Biochemical Journal ◽

10.1042/bj3360367 ◽

1998 ◽

Vol 336 (2) ◽

pp. 367-371 ◽

Cited By ~ 30

Author(s):

Leen AMERY ◽

Chantal BREES ◽

Myriam BAES ◽

Chiaki SETOYAMA ◽

Retsu MIURA ◽

...

Keyword(s):

Green Fluorescent Protein ◽

Amino Acid ◽

Fluorescent Protein ◽

Consensus Sequence ◽

C Terminus ◽

Targeting Signal ◽

Fluorescent Pattern ◽

Green Fluorescent ◽

Positively Charged

The functionality of the C-terminus (Ser-Asn-Leu; SNL) of human d-aspartate oxidase, an enzyme proposed to have a role in the inactivation of synaptically released d-aspartate, as a peroxisome-targeting signal (PTS1) was investigated in vivoand in vitro. Bacterially expressed human d-aspartate oxidase was shown to interact with the human PTS1-binding protein, peroxin protein 5 (PEX5p).
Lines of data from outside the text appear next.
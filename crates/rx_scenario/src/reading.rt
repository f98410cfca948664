//! The scenario that a JSON value is.

mod commands;
mod labels;
mod members;
mod steps;

pub use commands::action_in;
pub use members::{is_name, is_object_of, kind_in, name_in, site_in};
pub use steps::scenario_of;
Binding was gradually abolished by carboxypeptidase treatment of the oxidase and competitively inhibited by a Ser-Lys-Leu (SKL)-containing peptide. After transfection of mouse fibroblasts with a plasmid encoding green fluorescent protein (GFP) extended by PKSNL (the C-terminal pentapeptide of the oxidase), a punctate fluorescent pattern was evident. The modified GFP co-localized with peroxisomal thiolase as shown by indirect immunofluorescence. On transfection in fibroblasts lacking PEX5p receptor, GFP–PKSNL staining was cytosolic. Peroxisomal import of GFP extended by PGSNL (replacement of the positively charged fourth-last amino acid by glycine) seemed to be slower than that of GFP–PKSNL, whereas extension by PKSNG abolished the import of the modified GFP. Taken together, these results indicate that SNL, a tripeptide not fitting the PTS1 consensus currently defined in mammalian systems, acts as a functional PTS1 in mammalian systems, and that the consensus sequence, based on this work and that of other groups, has to be broadened to (S/A/C/K/N)-(K/R/H/Q/N/S)-L.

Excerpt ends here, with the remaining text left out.